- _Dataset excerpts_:
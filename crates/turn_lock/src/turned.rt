use crate::entry::Entry;

/// A value whose calls are made under a turn.
pub trait Turned: Drop {
    ghost use Rattle.std.specs.Prelude.{◌≡◌, ℕ, List, [], ◌∷◌, ◌++◌};
    ghost use Rattle.turn_lock.specs.declared.entry.Entry.{Entry};
    ghost use Rattle.turn_lock.specs.History.{entry};

    type Call;

    type Reply;

    /// The value stands for this history: it is what the calls made of the first value, and they answered so.
    ghost stands: { Self → List (Entry Self.Call Self.Reply) → Type 0 };

    /// Makes a call, whichever seat it is of.
    fn act(&mut self, call: Self::Call) -> Self::Reply
        ensures { (seat : ℕ) (history : List (Entry Self.Call Self.Reply)) → stands self.old history
            → stands self.new (history ++ entry seat call result ∷ []) };
}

- _ACTIVITY_: Set apart and copy each line of the records that holds the word "stands".

- _RESULT BELOW_:
    /// The value stands for this history: it is what the calls made of the first value, and they answered so.
    ghost stands: { Self → List (Entry Self.Call Self.Reply) → Type 0 };
        ensures { (seat : ℕ) (history : List (Entry Self.Call Self.Reply)) → stands self.old history
            → stands self.new (history ++ entry seat call result ∷ []) };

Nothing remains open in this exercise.